Exercise data Block Start

impl PageTable {
    ghost use Rattle.std.specs.Prelude.{slice_set, replicate};

    /// A page table that maps nothing, in a free frame; `None` if no frame is free.
    pub fn new(memory: &mut Memory) -> Option<PageTable>
        requires { IsFreeList memory.old }
        ensures some { IfSome result (λ t. Creates memory.old memory.new t.root.0) }
        ensures none { IfNone result ((free_count memory.old ≡ 0) × (memory.new ≡ memory.old)) }
        ensures extra { extra_of memory.new ≡ extra_of memory.old }
    {
        memory.ram.frames_are_whole();
        match memory.frames.take(&memory.ram) {
            Some(root) => {
                memory.ram.zero(root);
                Some(PageTable { root })
            }
            None => None,
        }
    }

    // The table of the middle level on the way to a page.
    fn mid_table(&self, ram: &Ram, page: u64) -> Option<FrameNo>
        requires { IsTree ram.now self.now.root.0 }
        ensures { numbered result ≡ table_at ram.now self.now.root.0 (mid_node page) }
    {
        child(ram, self.root, page / MID_PAGES % ENTRIES)
    }

    // The table whose entries map a page.
    fn low_table(&self, ram: &Ram, page: u64) -> Option<FrameNo>
        requires { IsTree ram.now self.now.root.0 }
        ensures { numbered result ≡ table_at ram.now self.now.root.0 (low_node page) }
    {
        match self.mid_table(ram, page) {
            Some(mid) => child(ram, mid, page / LOW_PAGES % ENTRIES),
            None => None,
        }
    }

    /// The table whose entries map a page, which is there: `known`, where that is one.
    pub fn leaf_table(&self, ram: &Ram, page: u64, known: Option<FrameNo>) -> FrameNo
        requires tree { IsTree ram.now self.now.root.0 }
        requires known { IfSome known (λ low. table_at ram.now self.now.root.0 (low_node page) ≡ Some low.0) }
        requires there { table_at ram.now self.now.root.0 (low_node page) ≢ None }
        ensures { table_at ram.now self.now.root.0 (low_node page) ≡ Some result.0 }
    {
        match known {
            Some(low) => low,
            None => self.low_table(ram, page).unwrap(),
        }
    }

    /// The frame and the marks that a page is mapped to, or `None`.
    ///
    /// Of the page's number the lowest 27 bits count, as in the walk.
    pub fn find(&self, ram: &Ram, page: u64) -> Option<(FrameNo, EntryBits)>
        requires { IsTree ram.now self.now.root.0 }
        ensures { option_map (λ x. (x.0.0, x.1.0)) result ≡ lookup_of ram.now self.now.root.0 page }
    {
        match self.low_table(ram, page) {
            Some(low) => leaf(ram, low, page % ENTRIES),
            None => None,
        }
    }

    /// A law: for each page and access the walk gives what the map gives. That is the page's frame
    /// where its leaf allows the access and bits 63 to 39 of its addresses equal bit 38, and a fault
    /// elsewhere.
    ///
    /// It runs no code; its contract is the theorem.
    pub fn walks_by_map(&self, ram: &Ram)
        requires { IsTree ram.now self.now.root.0 }
        ensures { WalksByMap ram.now self.now.root.0 }
    {
        ram.frames_are_whole();
    }

    // Makes the table of the middle level on the way to a page.
    fn make_mid(&self, memory: &mut Memory, page: u64) -> FrameNo
        requires paged { IsPaged memory.old self.now.root.0 }
        requires absent { table_at memory.old.ram self.now.root.0 (mid_node page) ≡ None }
        requires some { 0 < free_count memory.old }
        ensures made { Makes memory.old memory.new self.now.root.0 (mid_node page) result.0 }
        ensures below { table_at memory.new.ram self.now.root.0 (low_node page) ≡ None }
    {
        link(memory, self.root, page / MID_PAGES % ENTRIES)
    }

    // Makes the table whose entries map a page.
    fn make_low(&self, memory: &mut Memory, page: u64, mid: FrameNo) -> FrameNo
        requires paged { IsPaged memory.old self.now.root.0 }
        requires mid { table_at memory.old.ram self.now.root.0 (mid_node page) ≡ Some mid.0 }
        requires absent { table_at memory.old.ram self.now.root.0 (low_node page) ≡ None }
        requires some { 0 < free_count memory.old }
        ensures { Makes memory.old memory.new self.now.root.0 (low_node page) result.0 }
    {
        link(memory, mid, page / LOW_PAGES % ENTRIES)
    }

    // Makes the entry of a page map to a frame.
    fn set_leaf(
        &self,
        memory: &mut Memory,
        page: u64,
        low: FrameNo,
        frame: FrameNo,
        marks: EntryBits,
    )
        requires paged { IsPaged memory.old self.now.root.0 }
        requires low { table_at memory.old.ram self.now.root.0 (low_node page) ≡ Some low.0 }
        requires page { page < 2 ^ 27 }
        requires frame { frame.0 < length memory.old.ram }
        requires marks { IsLeafMarks marks.0 }
        ensures maps { Maps memory.old.ram memory.new.ram self.now.root.0 page frame.0 marks.0 }
        ensures rewrites { Rewrites memory.old memory.new self.now.root.0 }
    {
        write(&mut memory.ram, low, page % ENTRIES, frame, marks);
    }

    /// Maps a page to a frame, instead of what it was mapped to.
    ///
    /// The tables on the way that are missing, at most 2, are made of the free frames and are
    /// cleared first. Where fewer frames are free than that it changes nothing and returns `Full`.
    pub fn map(
        &self,
        memory: &mut Memory,
        page: u64,
        frame: FrameNo,
        marks: EntryBits,
    ) -> Result<(), Full>
        requires paged { IsPaged memory.old self.now.root.0 }
        requires page { page < 2 ^ 27 }
        requires frame { frame.0 < length memory.old.ram }
        requires marks { IsLeafMarks marks.0 }
        ensures mapped { OnOk result (MapsTo memory.old memory.new self.now.root.0 page frame.0 marks.0) }
        ensures taken { OnOk result (TakesMissing memory.old memory.new self.now.root.0 page) }
        ensures refused { IsErr result ↔ (free_count memory.old < missing memory.old.ram self.now.root.0 page) }
        ensures unchanged { OnErr result (memory.new ≡ memory.old) }
    {
        match self.mid_table(&memory.ram, page) {
            Some(mid) => match self.low_table(&memory.ram, page) {
                Some(low) => {
                    self.set_leaf(memory, page, low, frame, marks);
                    Ok(())
                }
                None => {
                    if memory.frames.free() < 1 {
                        return Err(Full);
                    }
                    let low = self.make_low(memory, page, mid);
                    self.set_leaf(memory, page, low, frame, marks);
                    Ok(())
                }
            },
            None => {
                if memory.frames.free() < 2 {
                    return Err(Full);
                }
                let mid = self.make_mid(memory, page);
                let low = self.make_low(memory, page, mid);
                self.set_leaf(memory, page, low, frame, marks);
                Ok(())
            }
        }
    }

    /// Maps a page to a frame, instead of what it was mapped to, where the table whose entries map it is there.
    pub fn map_in(
        &self,
        memory: &mut Memory,
        low: FrameNo,
        page: u64,
        frame: FrameNo,
        marks: EntryBits,
    )
        requires paged { IsPaged memory.old self.now.root.0 }
        requires low { table_at memory.old.ram self.now.root.0 (low_node page) ≡ Some low.0 }
        requires page { page < 2 ^ 27 }
        requires frame { frame.0 < length memory.old.ram }
        requires marks { IsLeafMarks marks.0 }
        ensures mapped { MapsTo memory.old memory.new self.now.root.0 page frame.0 marks.0 }
        ensures rewrites { Rewrites memory.old memory.new self.now.root.0 }
    {
        self.set_leaf(memory, page, low, frame, marks);
    }

    /// Sets the marks of a page that is mapped; its frame stays.
    pub fn set_perm(&self, memory: &mut Memory, page: u64, marks: EntryBits)
        requires paged { IsPaged memory.old self.now.root.0 }
        requires page { page < 2 ^ 27 }
        requires mapped { lookup_of memory.old.ram self.now.root.0 page ≢ None }
        requires marks { IsLeafMarks marks.0 }
        ensures sets { SetsMarks memory.old.ram memory.new.ram self.now.root.0 page marks.0 }
        ensures rewrites { Rewrites memory.old memory.new self.now.root.0 }
        ensures tidy { IsTidy memory.old.ram self.now.root.0 → IsTidy memory.new.ram self.now.root.0 }
    {
        let way = self.way(&memory.ram, page);
        self.set_leaf(memory, page, way.low, way.frame, marks);
    }

    /// Maps a page that is mapped to another frame with other marks. No table is added or removed.
    pub fn remap(&self, memory: &mut Memory, page: u64, frame: FrameNo, marks: EntryBits)
        requires paged { IsPaged memory.old self.now.root.0 }
        requires page { page < 2 ^ 27 }
        requires mapped { lookup_of memory.old.ram self.now.root.0 page ≢ None }
        requires frame { frame.0 < length memory.old.ram }
        requires marks { IsLeafMarks marks.0 }
        ensures maps { Maps memory.old.ram memory.new.ram self.now.root.0 page frame.0 marks.0 }
        ensures rewrites { Rewrites memory.old memory.new self.now.root.0 }
        ensures tidy { IsTidy memory.old.ram self.now.root.0 → IsTidy memory.new.ram self.now.root.0 }
    {
        let low = self.low_table(&memory.ram, page).unwrap();
        self.set_leaf(memory, page, low, frame, marks);
    }

    // Gives back a table of the lowest level that maps nothing.
    fn drop_low(&self, memory: &mut Memory, page: u64, mid: FrameNo, low: FrameNo)
        requires paged { IsPaged memory.old self.now.root.0 }
        requires mid { table_at memory.old.ram self.now.root.0 (mid_node page) ≡ Some mid.0 }
        requires low { table_at memory.old.ram self.now.root.0 (low_node page) ≡ Some low.0 }
        requires empty { (i : ℕ) → i < 512 → entry_of memory.old.ram low.0 i ≡ 0 }
        ensures { Drops memory.old memory.new self.now.root.0 (low_node page) low.0 }
    {
        clear(&mut memory.ram, mid, page / LOW_PAGES % ENTRIES);
        memory.frames.give(&mut memory.ram, low);
    }

    // Gives back a table of the middle level that names nothing.
    fn drop_mid(&self, memory: &mut Memory, page: u64, mid: FrameNo)
        requires paged { IsPaged memory.old self.now.root.0 }
        requires mid { table_at memory.old.ram self.now.root.0 (mid_node page) ≡ Some mid.0 }
        requires empty { (i : ℕ) → i < 512 → entry_of memory.old.ram mid.0 i ≡ 0 }
        ensures { Drops memory.old memory.new self.now.root.0 (mid_node page) mid.0 }
    {
        clear(&mut memory.ram, self.root, page / MID_PAGES % ENTRIES);
        memory.frames.give(&mut memory.ram, mid);
    }

    // Makes the entry of a page name nothing.
    fn clear_leaf(&self, memory: &mut Memory, page: u64, low: FrameNo)
        requires paged { IsPaged memory.old self.now.root.0 }
        requires low { table_at memory.old.ram self.now.root.0 (low_node page) ≡ Some low.0 }
        requires page { page < 2 ^ 27 }
        ensures removes { Removes (lookup_of memory.old.ram self.now.root.0) (lookup_of memory.new.ram self.now.root.0)
            page }
        ensures rewrites { Rewrites memory.old memory.new self.now.root.0 }
    {
        clear(&mut memory.ram, low, page % ENTRIES);
    }

    // The way to a page that is mapped.
    fn way(&self, ram: &Ram, page: u64) -> Way
        requires tree { IsTree ram.now self.now.root.0 }
        requires mapped { lookup_of ram.now self.now.root.0 page ≢ None }
        ensures mid { table_at ram.now self.now.root.0 (mid_node page) ≡ Some result.mid.0 }
        ensures low { table_at ram.now self.now.root.0 (low_node page) ≡ Some result.low.0 }
        ensures frame { option_map (λ x. x.0) (lookup_of ram.now self.now.root.0 page) ≡ Some result.frame.0 }
    {
        let mid = self.mid_table(ram, page).unwrap();
        let low = self.low_table(ram, page).unwrap();
        let (frame, _) = leaf(ram, low, page % ENTRIES).unwrap();
        Way { mid, low, frame }
    }

    /// Takes a page out of the map, and returns the frame that it was mapped to.
    ///
    /// A table that maps nothing from then on goes back to the free frames, so no table except the root
    /// is ever empty. The page's own frame is the caller's.
    pub fn unmap(&self, memory: &mut Memory, page: u64) -> FrameNo
        requires paged { IsPaged memory.old self.now.root.0 }
        requires tidy { IsTidy memory.old.ram self.now.root.0 }
        requires page { page < 2 ^ 27 }
        requires mapped { lookup_of memory.old.ram self.now.root.0 page ≢ None }
        ensures { Unmaps memory.old memory.new self.now.root.0 page result.0 }
    {
        let way = self.way(&memory.ram, page);
        self.clear_leaf(memory, page, way.low);
        if is_used(&memory.ram, way.low) {
            return way.frame;
        }
        self.drop_low(memory, page, way.mid, way.low);
        if is_used(&memory.ram, way.mid) {
            return way.frame;
        }
        self.drop_mid(memory, page, way.mid);
        way.frame
    }

    /// Takes the last page out of a table of the middle level, and returns the frame that it was mapped to.
    ///
    /// Both tables on the way to it go back to the free frames, and nothing is looked through: `unmap` reads each table
    /// that it gives back. The page's own frame is the caller's.
    pub fn unmap_last(&self, memory: &mut Memory, page: u64) -> FrameNo
        requires paged { IsPaged memory.old self.now.root.0 }
        requires tidy { IsTidy memory.old.ram self.now.root.0 }
        requires page { page < 2 ^ 27 }
        requires mapped { lookup_of memory.old.ram self.now.root.0 page ≢ None }
        requires last { IsLast memory.old.ram self.now.root.0 page }
        ensures { Unmaps memory.old memory.new self.now.root.0 page result.0 }
    {
        let way = self.way(&memory.ram, page);
        self.clear_leaf(memory, page, way.low);
        self.drop_low(memory, page, way.mid, way.low);
        self.drop_mid(memory, page, way.mid);
        way.frame
    }

    /// Takes a page out of the map, whose table maps the page before it, too, and returns the frame that it was mapped
    /// to.
    ///
    /// No table is looked through, and none is given back. The page's own frame is the caller's.
    pub fn unmap_in(&self, memory: &mut Memory, low: FrameNo, page: u64) -> FrameNo
        requires paged { IsPaged memory.old self.now.root.0 }
        requires tidy { IsTidy memory.old.ram self.now.root.0 }
        requires low { table_at memory.old.ram self.now.root.0 (low_node page) ≡ Some low.0 }
        requires page { page < 2 ^ 27 }
        requires mapped { lookup_of memory.old.ram self.now.root.0 page ≢ None }
        requires inner { page % 512 ≢ 0 }
        requires before { lookup_of memory.old.ram self.now.root.0 (page - 1) ≢ None }
        ensures unmaps { Unmaps memory.old memory.new self.now.root.0 page result.0 }
        ensures rewrites { Rewrites memory.old memory.new self.now.root.0 }
    {
        let (frame, _) = leaf(&memory.ram, low, page % ENTRIES).unwrap();
        self.clear_leaf(memory, page, low);
        frame
    }

    /// Gives back the root of a page table that maps nothing, which is its only table.
    pub fn destroy(self, memory: &mut Memory)
        requires paged { IsPaged memory.old self.root.0 }
        requires empty { IsEmpty memory.old.ram self.root.0 }
        ensures given { free_of memory.new ≡ self.root.0 ∷ free_of memory.old }
        ensures valid { IsFreeList memory.new }
        ensures others { SameBut (self.root.0 ∷ []) memory.old.ram memory.new.ram }
        ensures extra { extra_of memory.new ≡ extra_of memory.old }
    {
        memory.frames.give(&mut memory.ram, self.root);
    }
}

Exercise data Block End

> _Task statement_
Wherever a line of the entries holds the string "known", copy that line.

> _Response to the task_
    /// The table whose entries map a page, which is there: `known`, where that is one.
    pub fn leaf_table(&self, ram: &Ram, page: u64, known: Option<FrameNo>) -> FrameNo
        requires known { IfSome known (λ low. table_at ram.now self.now.root.0 (low_node page) ≡ Some low.0) }
        match known {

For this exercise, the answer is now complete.